As a child, when people asked what I wanted to be when I was older, I used to say: I want to be free. Buried inside that statement was something deeper: I wanted to be understood.

These days, many of my closest friendships are with other writers. None of us have perfect vision. Every person I have ever felt romantic affection for, though, has had perfect vision. But even when I showed them my body, they couldn’t see me enough to create that special space of sight, of seeing and being seen. I have wanted to make that space with them, that space shared by Fleabag and (Hot) Priest, by Kala and Wolfgang, by Margarita and Raphael.

They read my work with dedication. My writing is Fleabag’s voiceover, Raphael’s painting. I’m looking for the reader who can see me through the page, who is fighting to make this space with me. Because they do have to fight. There’s much crowding the space where the reader might be able to recognize me.
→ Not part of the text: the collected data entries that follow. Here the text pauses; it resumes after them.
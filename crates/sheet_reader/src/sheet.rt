ghost use Rattle.std.specs.Prelude.{◌≡◌, ◌+◌, ◌<◌, ◌≤◌, slice_get, Some, length, map, IfOk};

use crate::parts::{RuleTexts, rule_texts};
use crate::scan_order::{ScanOrder, rank_literals, rank_patterns, rank_unnamed};
use crate::token_text::{declared_name, quoted};
use lr_base::{Grammar, NameId, NoMemory, RuleId, TokenId};
use outline_data::Outline;
use outline_numbers::Numbered;
use sheet_data::{Bytes, Decl, Part};
use std::alloc::Global;
use std::marker::Model;

/// A grammar sheet, which contracts see as its parts.
#[derive(Debug, Drop)]
pub struct Sheet {
    decls: Vec<Decl>,
    literals: Vec<Bytes>,
    names: Vec<Bytes>,
    grammar: Grammar,
    templates: Vec<Vec<Part>>,
    declares: Vec<Vec<u32>>,
}

impl Model for Sheet {
    ghost use Rattle.sheet_data.specs.Sheet.{Sheet as SheetParts};
    ghost use Rattle.pattern_data.specs.contracts.pattern.Pattern as pattern;
    ghost use Rattle.std.specs.Coded.{codes};

    ghost Value = { SheetParts };

    ghost coded = { Prim.hlevel (codes, pattern.the_row.coded) };

    ghost use Rattle.sheet_reader.specs.Parts.{parts_of};
    ghost use Rattle.sheet_reader.specs.WellFormed.{IsWellFormed};

    ghost view = { parts_of };

    ghost invariant = { λ s. IsWellFormed (parts_of s) };
}

impl Sheet {
    ghost use Rattle.sheet_theory.specs.Names.{declared_names, token_names};
    ghost use Rattle.sheet_theory.specs.ScanOrder.{Ranked, scan_order};
    ghost use Rattle.outline_theory.specs.Numbering.{AreDecls, IsSheetOf};
    ghost use Rattle.outline_numbers.specs.Numbered.{IsNumbered};
    ghost use Rattle.numbering_theory.specs.KeptSheets.{IsOrdinary};
    ghost use Rattle.sheet_reader.specs.Ranking.{IsScannable, token_count};

    /// The sheet of an outline with its declarations and its numbers.
    pub(crate) fn of_outline(
        alloc: Global,
        outline: Outline,
        decls: Vec<Decl>,
        numbered: Numbered,
    ) -> Result<Sheet, NoMemory>
        requires decls { AreDecls outline.declarations decls.items }
        requires numbers { IsNumbered outline numbered }
        requires ordinary { IsOrdinary outline decls.items }
        ensures { IfOk result (λ sheet. IsSheetOf outline sheet) }
    {
        let Outline { groups, .. } = outline;
        let Numbered {
            literals,
            names,
            grammar,
        } = numbered;
        let RuleTexts {
            templates,
            declares,
        } = rule_texts(alloc, groups)?;
        Ok(Sheet {
            decls,
            literals,
            names,
            grammar,
            templates,
            declares,
        })
    }

    /// The declarations, in order.
    pub(crate) fn decls(&self) -> &[Decl]
        ensures { result.now ≡ self.now.decls }
    {
        &self.decls
    }

    /// How many tokens are declared; they are numbered before the literals without a name.
    fn declared_tokens(&self) -> u32
        ensures { result ≡ length (declared_names self.now.decls) }
    {
        self.grammar.tokens() - self.literals.len() as u32
    }

    /// How many rules there are.
    pub(crate) fn rule_count(&self) -> u32
        ensures rules { result ≡ length self.now.grammar.rules }
        ensures templates { length self.now.templates ≡ length self.now.grammar.rules }
        ensures declares { length self.now.declares ≡ length self.now.grammar.rules }
    {
        self.grammar.rule_count()
    }

    /// The names of the grammar, by number.
    pub(crate) fn names(&self) -> &[Bytes]
        ensures { result.now ≡ self.now.names }
    {
        &self.names
    }

    /// The grammar.
    pub fn grammar(&self) -> &Grammar
        ensures { result.now ≡ self.now.grammar }
    {
        &self.grammar
    }

    /// The template of a rule.
    pub fn template(&self, rule: RuleId) -> &[Part]
        requires { rule < length self.now.grammar.rules }
        ensures { slice_get self.now.templates rule ≡ Some result.now }
    {
        &self.templates[rule.0 as usize]
    }

    /// The places that a rule declares, counted from 1, as written.
    pub fn declares(&self, rule: RuleId) -> &[u32]
        requires { rule < length self.now.grammar.rules }
        ensures { slice_get self.now.declares rule ≡ Some result.now }
    {
        &self.declares[rule.0 as usize]
    }

    /// The text of a name of the grammar.
    pub fn name(&self, name: NameId) -> &[u8]
        requires { name < self.now.grammar.names }
        ensures { slice_get self.now.names name ≡ Some result.now }
    {
        self.names[name.0 as usize].as_slice()
    }

    /// The printed name of a token: its declared name, or its literal between quotes; the two numbers behind the
    /// tokens are those of the end of the text and of the bad byte.
    pub fn token_text(&self, a: TokenId) -> Result<Vec<u8>, NoMemory>
        requires { a ≤ self.now.grammar.tokens + 1 }
        ensures { IfOk result (λ text. slice_get (token_names self.now) a ≡ Some text.items) }
    {
        let alloc = *self.decls.allocator();
        let number = a.0 as usize;
        let declared = self.declared_tokens() as usize;
        if number < declared {
            let name = declared_name(&self.decls, number);
            return Ok(Vec::from_slice(alloc, name)?);
        }
        let unnamed = number - declared;
        if unnamed < self.literals.len() {
            return quoted(alloc, self.literals[unnamed].as_slice());
        }
        if unnamed == self.literals.len() {
            let end = Vec::from_slice(alloc, b"end of text".as_slice())?;
            return Ok(end);
        }
        let bad_byte = Vec::from_slice(alloc, b"bad byte".as_slice())?;
        Ok(bad_byte)
    }

    /// The printed names of all tokens, by number; the last two are those of the end of the text and of the bad byte.
    pub fn token_texts(&self) -> Result<Vec<Bytes>, NoMemory>
        ensures { IfOk result (λ texts. texts.items ≡ token_names self.now) }
    {
        let total = self.grammar.tokens() + 2;
        let mut texts = Vec::new(*self.decls.allocator());
        for number in 0..total {
            let text = self.token_text(TokenId(number))?;
            texts.push(Bytes::from_vec(text))?;
        }
        Ok(texts)
    }

    /// The sheet's patterns in order of rank, and what the string of each is.
    pub fn scan_order(&self) -> Result<ScanOrder, NoMemory>
        ensures patterns { IfOk result (λ order. order.patterns.items ≡ map (λ (r : Ranked). r.0) (scan_order self.now)) }
        ensures means { IfOk result (λ order. order.means.items ≡ map (λ (r : Ranked). r.1) (scan_order self.now)) }
        ensures scannable { IfOk result (λ order. IsScannable order.patterns.items) }
        ensures each { IfOk result (λ order. length order.patterns.items ≡ length order.means.items) }
        ensures tokens { IfOk result (λ order. token_count order.means.items ≡ self.now.grammar.tokens) }
    {
        let alloc = *self.decls.allocator();
        let mut ranking = Vec::new(alloc);
        rank_literals(&mut ranking, alloc, &self.decls)?;
        rank_unnamed(&mut ranking, alloc, self.declared_tokens(), &self.literals)?;
        rank_patterns(&mut ranking, alloc, &self.decls)?;
        let order = ScanOrder::of_ranking(alloc, ranking)?;
        Ok(order)
    }
}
As a writer, I am in the business of sharing my business. I use my work – poetry, prose, fiction – to communicate essential qualities I see in people and the world. I’m trying to show the reader what I find beautiful about living. These are moments of recognition, and thus, intense intimacy. My writing is about fleshing out the seconds where I am tender with the world. So they reveal me, too.
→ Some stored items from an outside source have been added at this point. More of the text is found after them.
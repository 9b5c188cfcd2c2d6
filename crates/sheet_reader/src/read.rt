//! Reads a sheet.
ghost use Rattle.std.specs.Prelude.{IfOk, IfErr, MatchResult};
ghost use Rattle.outline_theory.specs.Reading.{IsFaultless, Reads};
ghost use Rattle.sheet_reader.specs.Faults.{IsReadFault, IsOutlineRefused};

use crate::parts::decls_of;
use crate::sheet::Sheet;
use lr_base::{NoMemory, SHEET_BYTES};
use outline_checks::first_line_fault;
use outline_data::{LimitKind, Outline, SheetFault};
use outline_numbers::number_outline;
use outline_reader::read_outline;
use std::alloc::Global;

/// The first fault of an outline, but for limits: it has no rule, or a fault on a line.
fn check_outline(alloc: Global, outline: &Outline) -> Result<(), SheetFault>
    ensures { MatchResult result (λ _. IsFaultless outline.now) (IsOutlineRefused outline.now) }
{
    if outline.groups.is_empty() {
        return Err(SheetFault::NoRules);
    }
    match first_line_fault(alloc, outline) {
        Ok(Some(fault)) => Err(fault),
        Ok(None) => Ok(()),
        Err(NoMemory) => Err(SheetFault::NoMemory),
    }
}

/// The sheet that these bytes say, or their first fault: the limit on the bytes comes first; then the first lexical or
/// syntactic fault in the order of the bytes; then the want of rules; then, of the faults on lines, the least line's
/// with the least number; and then the limits in their order.
pub fn read_sheet(alloc: Global, bytes: &[u8]) -> Result<Sheet, SheetFault>
    ensures read { IfOk result (λ sheet. Reads bytes.now sheet) }
    ensures fault { IfErr result (λ fault. IsReadFault bytes.now fault) }
{
    if SHEET_BYTES < bytes.len() {
        return Err(SheetFault::Limit(LimitKind::SheetBytes, SHEET_BYTES as u64 + 1));
    }
    let outline = read_outline(alloc, bytes)?;
    check_outline(alloc, &outline)?;
    let decls = decls_of(alloc, &outline.declarations)?;
    let numbered = number_outline(alloc, &outline, &decls)?;
    let sheet = Sheet::of_outline(alloc, outline, decls, numbered)?;
    Ok(sheet)
}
I’m not trying to make myself hard to understand. When I write a story with complex allusions, I want people to get it. I want them to understand the delicate environment I’ve created with language in order to communicate a more nuanced and delicate thought. My work is a part of a larger project of being understood. It’s about giving the reader enough information so that they can walk through the haze and find me, understand me. One of my biggest fears, then, exists on the opposite end of knowledge and made its way into music a long time ago. As Nina Simone ached on my father’s old record player, Oh Lord, please don’t let me be misunderstood.

Perhaps the irony here is that life seems to insist time and time again that we are most understood by those who “see” us. But in my experience, seeing my body alone has not rendered me known. My last partner saw me but she did not understand me. I thought she did until I realized, she couldn’t. I wasn’t like her – she who has gay grandmothers – I was always going to have to fight to be seen. Some days, she doesn’t have to fight. Seeing, then, is not directly knowing for people like me. There is work that the see-er has to put in to reach that thing we call comprehension.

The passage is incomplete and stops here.